COVID Regulatory and Tax Updates

Tax Savings Opportunities from the CARES Act

  • John Werlhof
  • 3/31/2020

Key insights

  • The Coronavirus Aid, Relief, and Economic Security (CARES) Act is the largest stimulus package in our nation’s history.
  • Among other things, the CARES Act provides tax relief for businesses and individuals.
  • You may be able to take advantage of a number of tax savings opportunities.

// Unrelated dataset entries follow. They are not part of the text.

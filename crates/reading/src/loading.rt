//! Loads a book from its text, over tables that take any book of the format.
ghost use Rattle.std.specs.Prelude.{◌≡◌, length, Some, Ok, Err, IfOk, IfErr, MatchResult};
ghost use Rattle.book.specs.Makes.{tables_of, text_book};
ghost use Rattle.grammar.specs.Law.{FaultIsFirst};
ghost use Rattle.grammar.specs.Reading.{read_of};
ghost use Rattle.reading.specs.Loads.{HasZeros, Filled, SameTables, FilledZeros, IsNotLoaded, load_error_text, read_in};
ghost use Rattle.reading.specs.declared.loading.LoadError.TheVariants.{Faulty, NoMemory};

use crate::read;
use book::{Tables, TextBook};
use parts::Fault;
use parts::limits::{MOST_TEXT_MARKS, MOST_TEXT_RULES};
use std::alloc::{AllocError, Global};
use std::error::Error;
use std::fmt;

/// Why no book was loaded: the text's fault, or memory.
#[derive(Clone, Copy, Debug, PartialEq, Eq)]
pub enum LoadError {
    Faulty(Fault),
    NoMemory,
}

/// The fault as it is printed, or `out of memory`.
impl fmt::Display for LoadError {
    ghost output = { λ e. Some (load_error_text e) };

    fn fmt<W: fmt::Write>(&self, f: &mut fmt::Formatter<W>) -> fmt::Result {
        match self {
            LoadError::Faulty(why) => write!(f, "{why}"),
            LoadError::NoMemory => f.write_str("out of memory"),
        }
    }
}

impl Error for LoadError {}

/// No memory was left.
impl From<AllocError> for LoadError {
    ghost from_gives = { λ _ e. e ≡ NoMemory };

    fn from(_error: AllocError) -> LoadError {
        LoadError::NoMemory
    }
}

/// The text was refused.
impl From<Fault> for LoadError {
    ghost from_gives = { λ f e. e ≡ Faulty f };

    fn from(fault: Fault) -> LoadError {
        LoadError::Faulty(fault)
    }
}

/// A text that was refused, and the tables that were to take its book, as they were.
#[derive(Drop)]
pub struct RefusedText {
    pub fault: Fault,
    pub back: Tables,
}

/// The two tables that take any book of the format, all zeros: the only call of a loading that asks
/// for memory, and it sees no text.
pub fn tables(heap: Global) -> Result<Tables, AllocError>
    ensures { IfOk result HasZeros }
{
    Ok(Tables {
        marks: vec![in heap; 0i16; MOST_TEXT_MARKS]?,
        ends: vec![in heap; 0u16; MOST_TEXT_RULES]?,
    })
}

/// The book that the text stands for, over these tables. A text is refused as `read` refuses it for
/// them, and they come back as they were; there is no other way out.
pub fn load_over(tables: Tables, text: &[u8]) -> Result<TextBook, RefusedText>
    ensures value { MatchResult result
        (λ b. read_in tables text.now ≡ Ok (text_book b))
        (λ e. read_in tables text.now ≡ Err e.fault) }
    ensures tables { MatchResult result
        (λ b. Filled (text_book b).rules tables (tables_of b)) (λ e. SameTables tables e.back) }
    ensures faults { IfErr result (λ e. FaultIsFirst
        (length tables.marks.items) (length tables.ends.items) text.now e.fault) }
{
    let Tables {
        mut marks,
        mut ends,
    } = tables;
    let size = match read(text, &mut marks, &mut ends) {
        Ok(size) => size,
        Err(fault) => {
            return Err(RefusedText {
                fault,
                back: Tables { marks, ends },
            })
        }
    };
    let Ok(book) = TextBook::new(size.n, size.m, Tables { marks, ends }) else {
        unreachable();
    };
    Ok(book)
}

/// The book that the text stands for, over tables of its own: memory can fail only before the text
/// is looked at, where these are made, and the rest is `load_over`. A text is refused as `read`
/// refuses it for tables that take any book of the format.
pub fn load(heap: Global, text: &[u8]) -> Result<TextBook, LoadError>
    ensures value { MatchResult result
        (λ b. read_of MOST_TEXT_MARKS MOST_TEXT_RULES text.now ≡ Ok (text_book b))
        (IsNotLoaded text.now) }
    ensures tables { IfOk result (λ b. FilledZeros (text_book b).rules (tables_of b)) }
{
    match load_over(tables(heap)?, text) {
        Ok(book) => Ok(book),
        Err(refused) => Err(LoadError::Faulty(refused.fault)),
    }
}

On March 27, President Trump signed the Coronavirus Aid, Relief, and Economic Security (CARES) Act, the third phase of legislation aimed at fighting the COVID-19 pandemic and mitigating the related economic harm for families, workers, and businesses. It’s the largest stimulus package in history, with an estimated cost of $2.2 trillion. The CARES Act, among other things, provides “recovery rebates” to individuals, expands and enhances unemployment benefits, extends loans and loan guarantees to eligible businesses, offers funding for the healthcare and education systems, and provides tax relief for businesses and individuals. Read on to learn about the business and individual tax provisions of the CARES Act and how you can take advantage of available savings.

Business provisions

Deferral of employer Social Security tax

You can generally defer the employer share of the 6.2% Social Security tax on wages paid from March 27, 2020, through December 31, 2020, with 50% due on December 31, 2021, and 50% due on December 31, 2022. A similar rule applies to 50% of the self-employment tax liability of partners and sole proprietors.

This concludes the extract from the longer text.